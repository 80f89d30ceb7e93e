//! Answers as numbers, in the layout of C.
ghost use Rattle.std.specs.Prelude.{◌≡◌};
ghost use Rattle.machine.specs.declared.Answer.{Answer};
ghost use Rattle.machine.specs.declared.PoolSaid.{PoolSaid};
ghost use Rattle.abi.specs.Answers.{answer_numbers, answer_with, grant_numbers, end_in, form_of};
ghost use Rattle.abi.specs.Answers.{joined_numbers, loaded_numbers, mended_numbers, plain_numbers};
ghost use Rattle.abi.specs.Answers.{search_numbers, turn_numbers, turn_with, verdict_numbers, version_numbers, watched_numbers, where_numbers};
ghost use Rattle.abi.specs.Looks.{no_place, value_numbers};

use checker::Refusal;
use joins::JoinError;
use layout::Form;
use loaded::LoadError;
use machine::{Denial, Search, Value};
use mends::Mended;
use whereabouts::Where;

/// Where the status of a state stands among its bytes, and the length of its result; where its value stands among its numbers.
const STATUS: usize = 2626;

const LENGTH: usize = 2627;

const ENDING: usize = 2128;

/// The status of a run that is DONE with an integer, of one that is DONE with a vector, and of the last stop, for which each higher one stands too.
const INTEGER: u8 = 1;

const VECTOR: u8 = 2;

const PROMISES: u8 = 6;

/// A verdict: 0 and the number of versions, or the question that refuses and the offset.
#[repr(C)]
#[derive(Clone, Copy)]
pub struct FirVerdict {
    pub detail: usize,
    pub question: u8,
}

/// What becomes of a load: 0 and the number of versions, 8 with the question that refuses and the offset, or 9 and the bytes that the table needs.
#[repr(C)]
#[derive(Clone, Copy)]
pub struct FirLoaded {
    pub detail: usize,
    pub code: u8,
    pub question: u8,
}

/// What becomes of a join: 0 and the length of the joined image, or the question that refuses, the offset, and the image that it refuses: 1 the first, 2 the second, 0 neither.
#[repr(C)]
#[derive(Clone, Copy)]
pub struct FirJoined {
    pub detail: usize,
    pub question: u8,
    pub image: u8,
}

/// What can be done for an image: 0 and its number of versions, or the question that refuses it and the offset; and beside a refusal
/// whether a register type byte mends it (1), which one and its new value, or that none does (2).
#[repr(C)]
#[derive(Clone, Copy)]
pub struct FirMended {
    pub detail: usize,
    pub place: usize,
    pub question: u8,
    pub mend: u8,
    pub value: u8,
}

/// Whether a run has begun, goes on under a new image, or has gone a step back: 0, or the question that refuses it and the offset.
#[repr(C)]
#[derive(Clone, Copy)]
pub struct FirEntry {
    pub offset: u16,
    pub question: u8,
}

/// What a single step says.
#[repr(C)]
#[derive(Clone, Copy)]
pub struct FirSaid {
    pub value: i64,
    pub code: u8,
    pub length: u8,
}

/// What a single step in a pool says, or the question that refuses it and the offset.
#[repr(C)]
#[derive(Clone, Copy)]
pub struct FirTurn {
    pub value: i64,
    pub offset: u16,
    pub code: u8,
    pub length: u8,
    pub question: u8,
}

/// The answer to a budget, and the steps taken under it.
#[repr(C)]
#[derive(Clone, Copy)]
pub struct FirAnswer {
    pub steps: u32,
    pub value: i64,
    pub offset: u16,
    pub code: u8,
    pub length: u8,
    pub question: u8,
}

/// What a register or a name holds.
#[repr(C)]
#[derive(Clone, Copy)]
pub struct FirValue {
    pub number: i64,
    pub kind: u8,
    pub place: u8,
}

/// What a state at a DISPATCH looks at.
#[repr(C)]
#[derive(Clone, Copy)]
pub struct FirSearched {
    pub dispatch: u8,
    pub looked: u8,
    pub versions: u8,
}

/// Where a state stands.
#[repr(C)]
#[derive(Clone, Copy)]
pub struct FirWhere {
    pub offset: usize,
    pub kind: u8,
    pub function: u8,
    pub version: u8,
    pub block: u8,
    pub instruction: u8,
}

/// How many records of the topmost call were filled, or the question that refuses the list.
#[repr(C)]
#[derive(Clone, Copy)]
pub struct FirWatched {
    pub filled: u8,
    pub question: u8,
}

/// The number of the interface, and that of the layout of a stored state.
#[repr(C)]
#[derive(Clone, Copy)]
pub struct FirVersion {
    pub interface: u32,
    pub state: u32,
}

/// The numbers of a verdict, of a move or of bounds.
pub fn verdict(verdict: Result<usize, Refusal>) -> FirVerdict
    ensures { result ≡ verdict_numbers verdict }
{
    match verdict {
        Ok(n) => FirVerdict {
            detail: n,
            question: 0,
        },
        Err(why) => FirVerdict {
            detail: why.at,
            question: why.question,
        },
    }
}

/// What becomes of a join, in numbers.
#[tactic(auto, unfolding(crate::specs::Answers::joined_numbers))]
pub fn joined(joined: Result<usize, JoinError>) -> FirJoined
    ensures { result ≡ joined_numbers joined }
{
    match joined {
        Ok(n) => FirJoined {
            detail: n,
            question: 0,
            image: 0,
        },
        Err(JoinError::First(why)) => FirJoined {
            detail: why.at,
            question: why.question,
            image: 1,
        },
        Err(JoinError::Second(why)) => FirJoined {
            detail: why.at,
            question: why.question,
            image: 2,
        },
        Err(JoinError::Together(why)) => FirJoined {
            detail: why.at,
            question: why.question,
            image: 0,
        },
    }
}

/// What can be done for an image, in numbers.
pub fn mended(mended: Mended) -> FirMended
    ensures { result ≡ mended_numbers mended }
{
    match mended {
        Mended::Accepted(n) => FirMended {
            detail: n,
            place: 0,
            question: 0,
            mend: 0,
            value: 0,
        },
        Mended::Refused(why) => FirMended {
            detail: why.at,
            place: 0,
            question: why.question,
            mend: 0,
            value: 0,
        },
        Mended::Byte(why, hit) => FirMended {
            detail: why.at,
            place: hit.at,
            question: why.question,
            mend: 1,
            value: hit.value,
        },
        Mended::Unmended(why) => FirMended {
            detail: why.at,
            place: 0,
            question: why.question,
            mend: 2,
            value: 0,
        },
    }
}

/// What becomes of a load, in numbers.
#[tactic(auto, unfolding(crate::specs::Answers::loaded_numbers))]
pub fn loaded(loaded: Result<usize, LoadError>) -> FirLoaded
    ensures { result ≡ loaded_numbers loaded }
{
    match loaded {
        Ok(n) => FirLoaded {
            detail: n,
            code: 0,
            question: 0,
        },
        Err(LoadError::Refused(why)) => FirLoaded {
            detail: why.at,
            code: 8,
            question: why.question,
        },
        Err(LoadError::Short(n)) => FirLoaded {
            detail: n,
            code: 9,
            question: 0,
        },
    }
}

/// The form that a number names: 1 that of 32 bits, any other that of 64.
pub fn form(number: u8) -> Form
    ensures { result ≡ form_of number }
{
    if number == 1 {
        Form::Narrow
    } else {
        Form::Wide
    }
}

/// The numbers of what is granted or denied: an entry, a change, a step back, a pool that is made.
pub fn grant(grant: Result<(), Denial>) -> FirEntry
    ensures { result ≡ grant_numbers grant }
{
    match grant {
        Ok(()) => FirEntry {
            offset: 0,
            question: 0,
        },
        Err(why) => FirEntry {
            offset: why.at,
            question: why.question,
        },
    }
}

/// A code without value and length: 0 goes on, 3 to 6 UNDEF and the stops, 7 stuck.
pub fn plain(code: u8) -> FirSaid
    ensures { result ≡ plain_numbers code }
{
    FirSaid {
        value: 0,
        code: code,
        length: 0,
    }
}

/// What the status of a state says: that it goes on, or its end.
pub fn ended(bytes: &[u8; 2632], numbers: &[i64; 2129]) -> FirSaid
    ensures { result ≡ end_in bytes.now numbers.now }
{
    let status = bytes[STATUS];
    if status == INTEGER {
        return FirSaid {
            value: numbers[ENDING],
            code: INTEGER,
            length: 0,
        };
    }
    if status == VECTOR {
        return FirSaid {
            value: 0,
            code: VECTOR,
            length: bytes[LENGTH],
        };
    }
    if status < PROMISES {
        return plain(status);
    }
    plain(PROMISES)
}

/// The answer that says so much, after so many steps.
pub fn taken(said: FirSaid, steps: u32) -> FirAnswer
    ensures { result ≡ answer_with said steps }
{
    FirAnswer {
        steps: steps,
        value: said.value,
        offset: 0,
        code: said.code,
        length: said.length,
        question: 0,
    }
}

/// The answer of a refusal.
pub fn refused(question: u8, offset: u16) -> FirAnswer
    ensures { result ≡ answer_numbers (Answer.Refused question offset) 0 }
{
    FirAnswer {
        steps: 0,
        value: 0,
        offset: offset,
        code: 8,
        length: 0,
        question: question,
    }
}

/// The turn that says so much.
pub fn turn(said: FirSaid) -> FirTurn
    ensures { result ≡ turn_with said }
{
    FirTurn {
        value: said.value,
        offset: 0,
        code: said.code,
        length: said.length,
        question: 0,
    }
}

/// A single step that is refused.
pub fn turned_down(question: u8) -> FirTurn
    ensures { result ≡ turn_numbers (PoolSaid.Refused question 0) }
{
    FirTurn {
        value: 0,
        offset: 0,
        code: 8,
        length: 0,
        question: question,
    }
}

/// The numbers of a value.
pub fn value(value: Value) -> FirValue
    ensures { result ≡ value_numbers value }
{
    match value {
        Value::Empty => FirValue {
            number: 0,
            kind: 0,
            place: 0,
        },
        Value::Integer(z) => FirValue {
            number: z,
            kind: 1,
            place: 0,
        },
        Value::Vector(v) => FirValue {
            number: 0,
            kind: 2,
            place: v,
        },
        Value::Promise(p) => FirValue {
            number: 0,
            kind: 3,
            place: p,
        },
    }
}

/// No such place.
pub fn outside() -> FirValue
    ensures { result ≡ no_place }
{
    FirValue {
        number: 0,
        kind: 4,
        place: 0,
    }
}

/// The numbers of a search.
pub fn searched(search: Search) -> FirSearched
    ensures { result ≡ search_numbers search }
{
    match search {
        Search::Elsewhere => FirSearched {
            dispatch: 0,
            looked: 0,
            versions: 0,
        },
        Search::Looked(looked, versions) => FirSearched {
            dispatch: 1,
            looked: looked,
            versions: versions,
        },
    }
}

/// The numbers of a place in an image.
pub fn place(place: Option<Where>) -> FirWhere
    ensures { result ≡ where_numbers place }
{
    let Some(spot) = place else {
        return FirWhere {
            offset: 0,
            kind: 0,
            function: 0,
            version: 0,
            block: 0,
            instruction: 0,
        };
    };
    match spot {
        Where::Instruction(f, v, b, n, p) => FirWhere {
            offset: p,
            kind: 1,
            function: f,
            version: v,
            block: b,
            instruction: n,
        },
        Where::BlockEnd(f, v, b, n, p) => FirWhere {
            offset: p,
            kind: 2,
            function: f,
            version: v,
            block: b,
            instruction: n,
        },
    }
}

/// The numbers of watching.
pub fn watched(watch: Result<u8, Denial>) -> FirWatched
    ensures { result ≡ watched_numbers watch }
{
    match watch {
        Ok(n) => FirWatched {
            filled: n,
            question: 0,
        },
        Err(why) => FirWatched {
            filled: 0,
            question: why.question,
        },
    }
}

/// The numbers in force.
pub fn version() -> FirVersion
    ensures { result ≡ version_numbers }
{
    FirVersion {
        interface: 2,
        state: 2,
    }
}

- - - - -

About this exercise: The lines to return are those in the records above that hold the word "says".

Output of the task:
/// What a single step says.
/// What a single step in a pool says, or the question that refuses it and the offset.
/// What the status of a state says: that it goes on, or its end.
/// The answer that says so much, after so many steps.
/// The turn that says so much.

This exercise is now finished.